Example 2 shows how to determine the sum of all observations within a circle of certain radius for multiple points. `find_highest_concentration()` can be used to determine the central coordinates of a circle with a constant radius that maximizes the coverage of demand points. As an example this is applied to data set `Groningen`. 

Show all points in data set `Groningen`:

```{r example3a, eval = FALSE, message = FALSE, warning = FALSE}

plot_points(Groningen, value = "amount")

```

![](man/figures/example3a-1.png)




-----

Find the central coordinates of a circle with the highest concentration:

```{r, eval = FALSE, echo = TRUE}

hconc <- find_highest_concentration(Groningen, 

                                    value = "amount", 

                                    radius = 200)

```

```{r, echo = FALSE, eval = TRUE, message = FALSE, warning = FALSE}

st <- Sys.time()

hc <- spatialrisk::find_highest_concentration(spatialrisk::Groningen, "amount")

print(Sys.time() - st)

```

Note that all functions are written in C++, and are therefore very fast. 

Output highest concentration:

```{r}

hc[[1]]

```

Plot the points in the highest concentration highest concentration. The sum of all values is equal to the concentration. This concentration is the highest in data set Groningen.  
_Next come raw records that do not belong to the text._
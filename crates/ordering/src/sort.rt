// The exact order of bindings over their needs (`toposort`). A need is the bindings that provide one
// needed name, as bits; those of binding i stand in `needs` from `starts[i]` up to `starts[i + 1]`.
ghost use Rattle.std.specs.Prelude.{◌≡◌, ◌≤◌, length, take};
ghost use Rattle.ordering.specs.Items.{indices_from};
ghost use Rattle.ordering.specs.Needs.{binding_limit, bits, marks, Starts, IndicesBelow, TakesTurn, SortsItems};

use crate::Sorted;

// Orders the indices of all bindings in `row`, round by round.
pub fn toposort(needs: &[u64], starts: &[usize], row: &mut [u8]) -> Sorted
    requires { Starts (length row.old) needs.now starts.now }
    ensures placed_in_bounds { (result.placed ≤ length row.new) × (result.rounds ≤ result.placed) }
    ensures indices_below { IndicesBelow row.new }
    ensures sorts_items { SortsItems (length row.old) needs.now starts.now row.new result }
{
    rising(row);
    let mut placed = 0;
    let mut rounds = 0;
    // No range: a turn places as many bindings as are ready.
    while placed < row.len() {
        let round = rounds + 1;
        let done = placed_bits(row, placed);
        let next = turn(needs, starts, row, placed, done);
        if next == placed {
            return Sorted { placed, rounds };
        }
        placed = next;
        rounds = round;
    }
    Sorted { placed, rounds }
}

// All indices, rising.
fn rising(row: &mut [u8])
    requires { length row.old ≤ binding_limit }
    ensures { row.new ≡ indices_from 0 (length row.old) }
{
    for i in 0..row.len() {
        // A cast: what is narrowed fits, and TryFrom would answer an error that cannot come.
        row[i] = i as u8;
    }
}

// The bits of the indices of a row's first `placed`.
fn placed_bits(row: &[u8], placed: usize) -> u64
    requires row_len_bound { (length row.now ≤ binding_limit) × (placed ≤ length row.now) }
    requires indices_below { IndicesBelow row.now }
    ensures { result ≡ bits (marks (length row.now) (take placed row.now)) }
{
    let mut bits = 0;
    for i in &row[..placed] {
        bits |= 1u64 << *i;
    }
    bits
}

// A turn: each index from `placed` on whose needs are all met by `done` changes places with the
// leftmost one not yet placed, and is then placed.
fn turn(needs: &[u64], starts: &[usize], row: &mut [u8], placed: usize, done: u64) -> usize
    requires starts { Starts (length row.old) needs.now starts.now × (placed ≤ length row.old) }
    requires indices_below { IndicesBelow row.old }
    ensures lower_bound { (placed ≤ result) × (result ≤ length row.new) }
    ensures indices_below_2 { IndicesBelow row.new }
    ensures takes_turn { TakesTurn needs.now starts.now row.old placed done row.new result }
{
    let mut left = placed;
    'positions: for p in placed..row.len() {
        let i = row[p];
        let at = usize::from(i);
        for k in starts[at]..starts[at + 1] {
            if needs[k] & done == 0 {
                continue 'positions;
            }
        }
        row[p] = row[left];
        row[left] = i;
        left += 1;
    }
    left
}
Show the highest concentration on a map (the highest concentration includes two apartment buildings with many objects):

```{r, echo = TRUE, eval = FALSE}

plot(hc)

```

![](man/figures/unnamed-chunk-9-1.png)




-----

Its also possible to show the coordinates for more than one concentration. To show the second and third highest concentration:

```{r, eval = TRUE, echo = TRUE}

hconc <- find_highest_concentration(Groningen, 

                                    value = "amount", 

                                    radius = 200, 

                                    top_n = 3)

```

Create interactive map:

```{r, eval = FALSE, echo = TRUE}

plot(hconc)

```

![](man/figures/unnamed-chunk-11-1.png)




-----

Show objects in the highest circle:

```{r}

hc[[2]]

```

## Example 4

`spatialrisk` also contains functionality to create choropleths. Typically in R it is difficult to create choropleths. `points_to_polygon()` attempts to elegantly solve this problem.
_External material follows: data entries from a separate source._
// A list that grows in room that the caller lends.
ghost use Rattle.std.specs.Prelude.{◌≤◌, length};

// What is listed: the first `count` of `items`.
#[derive(Drop)]
pub struct Listed<'a, T> {
    pub items: &'a mut [T],
    pub count: usize,
    pub ghost within: { count ≤ length items.now },
}

impl<'a, T: Copy> Listed<'a, T> {
    ghost use Rattle.std.specs.Prelude.{◌≡◌, take};
    ghost use Rattle.ordering.specs.Listed.{AddsOne};

    // An empty list, in the room lent.
    pub fn new(items: &'a mut [T]) -> Listed<'a, T>
        ensures same { result.items.ghost_name ≡ items.entry.ghost_name }
        ensures items { result.items.now ≡ items.old }
        ensures count { result.count ≡ 0 }
    {
        Listed { items, count: 0 }
    }

    // Lists one more, if there is room.
    pub fn push(&mut self, item: T)
        ensures { AddsOne self.old self.new item }
    {
        if self.count < self.items.len() {
            self.items[self.count] = item;
            self.count += 1;
        }
    }

    // All that is listed.
    pub fn listed(&self) -> &[T]
        ensures { result.now ≡ take self.now.count self.now.items.now }
    {
        &self.items[..self.count]
    }
}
The common approach is to first aggregate the data on the level of the regions in the shapefile, and then merging the aggregated data with the shapefile. Despite it being common, it is problematic in case the names in the data and the names in the shapefile do not match. This is for example the case when there are differences in punctuation marks in the area names. Therefore, `points_to_polygon()` uses the longitude and latitude of a point to map this point to a region. This approach makes it easy to create choropleth maps on different region levels.
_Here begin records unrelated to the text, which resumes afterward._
//! A modem's file, block by block, with its bytes as another program gives them.

use off_base::{Bytes, Ip4, Moment, NoMemory, Secret, Settings, Short};
use off_defs::{SharedSettings, Subscriber};
use off_files::{AddOns, Body, FileTail, block, profile_of, tail};
use off_tlv::{read_settings, spelled_len};
use std::alloc::Global;
use std::test::Fail;

const SECRET: &[u8] = b"secret";

const ADDRESS: Ip4 = Ip4(0x0a40_000a);

// The class `gold`, with the end marker behind it.
const GOLD: &str = "180d01020001060107080400989680190d01020002060107080405f5e100ff";

// An add-on with a flow 5 and a classifier 3 of it.
const ADD_ON: &str = "180701020005060107160701010303020005ff";

// A file: whether the subscriber is active, the number of its add-on where it has one, the moment,
// and the bytes.
const FILES: [(bool, bool, u64, &str); 6] = [
    (
        true,
        false,
        1_700_000_000,
        "030101180d01020001060107080400989680190d01020002060107080405f5e1001201021304e8fe\
         6f8014040a40000a0610636d1983e3444060d699444896e43dc807109afd24602f8462a3cd0efdfe\
         d560e2b7ff000000",
    ),
    (
        true,
        true,
        1_700_000_000,
        "030101180d01020001060107080400989680190d01020002060107080405f5e10012010218070102\
         01050601071607010183030201051304e8fe6f8014040a40000a0610233295d26b270e795d99f590\
         94d90a1b0710a3c02afb6aec320511edfc8442558cd0ff00",
    ),
    (
        false,
        true,
        1_700_000_000,
        "0301001807010200010601071907010200020601071201021304e8fe6f8014040a40000a06100c58\
         fba916fbbe969a68a11ee34a85410710b30839f14a19b02abf11567884f9e97cff000000",
    ),
    (
        false,
        false,
        0,
        "030100180701020001060107190701020002060107120102130483aa7e8014040a40000a06105eae\
         a9339d2f98f9d21d4a9ef1f1314a07107e8dd1565203a2440e8cb79cf5909794ff000000",
    ),
    (
        false,
        false,
        2_085_978_496,
        "03010018070102000106010719070102000206010712010213040000000014040a40000a0610cc0c\
         7b0aec37fa49dde729a1e592fd05071063dc7253700ed0949fe16de218b76ce2ff000000",
    ),
    (
        false,
        false,
        u64::MAX,
        "0301001807010200010601071907010200020601071201021304ffffffff14040a40000a0610182a\
         45496ded440ff7a66a9568fdc32807103cd45c5817642e6b2157c4050e0f56caff000000",
    ),
];

fn bytes_of(alloc: Global, hex: &str) -> Result<Bytes, NoMemory> {
    let mut bytes = Bytes::new(alloc);
    match hex::decode(alloc, hex) {
        Ok(items) => bytes.push_all(items.as_slice())?,
        Err(_) => return Err(NoMemory),
    }
    Ok(bytes)
}

// The settings of a file that has no check.
fn settings_of(alloc: Global, file: &[u8]) -> Result<Settings, NoMemory> {
    match read_settings(alloc, file) {
        Ok(settings) => Ok(settings),
        Err(_) => Err(NoMemory),
    }
}

fn subscriber(active: bool) -> Result<Subscriber, NoMemory> {
    match Short::read(b"Ann") {
        Ok(name) => Ok(Subscriber {
            active,
            cpes: 2,
            name,
        }),
        Err(_) => Err(NoMemory),
    }
}

// The rows that a file is made of.
#[derive(Drop)]
struct Made {
    who: Subscriber,
    class: Settings,
    add_ons: AddOns,
}

fn secret() -> Result<Secret, NoMemory> {
    match Secret::read(SECRET) {
        Some(secret) => Ok(secret),
        None => Err(NoMemory),
    }
}

fn body_of(alloc: Global, made: &Made) -> Result<Body, NoMemory> {
    let secret = secret()?;
    let profile = profile_of(alloc, &made.who, &made.class, &made.add_ons)?;
    match spelled_len(&profile) {
        Some(_) => Body::spell(alloc, &profile, &secret),
        None => Err(NoMemory),
    }
}

// The blocks of a file, joined.
fn blocks_joined(
    alloc: Global,
    body: &Body,
    tail: &FileTail,
    size: u16,
) -> Result<Bytes, NoMemory> {
    let mut file = Bytes::new(alloc);
    let mut out = [0; 1428];
    let size = size.min(1428);
    for n in 1..1000u32 {
        let length = block(body, tail, size, n, &mut out);
        file.push_all(&out[..length])?;
        if length < usize::from(size) {
            return Ok(file);
        }
    }
    Err(NoMemory)
}

fn file_of(alloc: Global, made: &Made, now: u64, size: u16) -> Result<Bytes, NoMemory> {
    let body = body_of(alloc, made)?;
    let tail = tail(&body, Moment(now), ADDRESS, SECRET);
    blocks_joined(alloc, &body, &tail, size)
}

fn settings_in(alloc: Global, hex: &str) -> Result<Settings, NoMemory> {
    let bytes = bytes_of(alloc, hex)?;
    settings_of(alloc, bytes.as_slice())
}

fn gold(alloc: Global, active: bool, has_add_on: bool) -> Result<Made, NoMemory> {
    let mut made = Made {
        who: subscriber(active)?,
        class: settings_in(alloc, GOLD)?,
        add_ons: AddOns::new(alloc),
    };
    if has_add_on {
        made.add_ons.push(0, SharedSettings::new(alloc, settings_in(alloc, ADD_ON)?)?)?;
    }
    Ok(made)
}

// Whether a file has these bytes.
fn is_made(alloc: Global, made: &Made, now: u64, hex: &str) -> Result<bool, NoMemory> {
    let file = file_of(alloc, made, now, 44)?;
    let wanted = bytes_of(alloc, hex)?;
    Ok(file.as_slice() == wanted.as_slice())
}

#[test]
fn files_have_these_bytes(rt: HostRuntime) -> Result<(), Fail> {
    for (active, has_add_on, now, expected) in FILES {
        let made = gold(rt.alloc(), active, has_add_on)?;
        assert!(rt; is_made(rt.alloc(), &made, now, expected)?, "at {now}");
    }
    Ok(())
}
This example shows how `points_to_polygon()` is used to map the total sum insured on the municipality level in the Netherlands: 

```{r example4, eval = FALSE, message = FALSE, warning = FALSE}

gemeente_sf <- points_to_polygon(nl_gemeente, insurance, sum(amount, na.rm = TRUE))

```

`choropleth()` creates a map based on the simple feature object obtained in the previous step. There are two options to create a choropleth map. When `mode` is set to `plot` a static map is created. The given clustering is according to the Fisher-Jenks algorithm. This commonly used classification method for choropleths seeks to reduce the variance within classes and maximize the variance between classes.

```{r example4b, eval = FALSE, message = FALSE, warning = FALSE}

choropleth(gemeente_sf, mode = "plot", legend_title = "Sum insured (EUR)", n = 5)

```

![](man/figures/nl_choro1.png)




If `mode` is set to `view` an interactive map is created:

```{r example4c, eval = FALSE, echo = TRUE}

choropleth(gemeente_sf, mode = "view", legend_title = "Sum insured (EUR)")

```

![](man/figures/nl_choro2.png)




The following simple feature objects are available in `spatialrisk`: `nl_provincie`, `nl_corop`, `nl_gemeente`, `nl_postcode1`, `nl_postcode2`, `nl_postcode3`, `nl_postcode4`, `world_countries`, and `europe_countries`.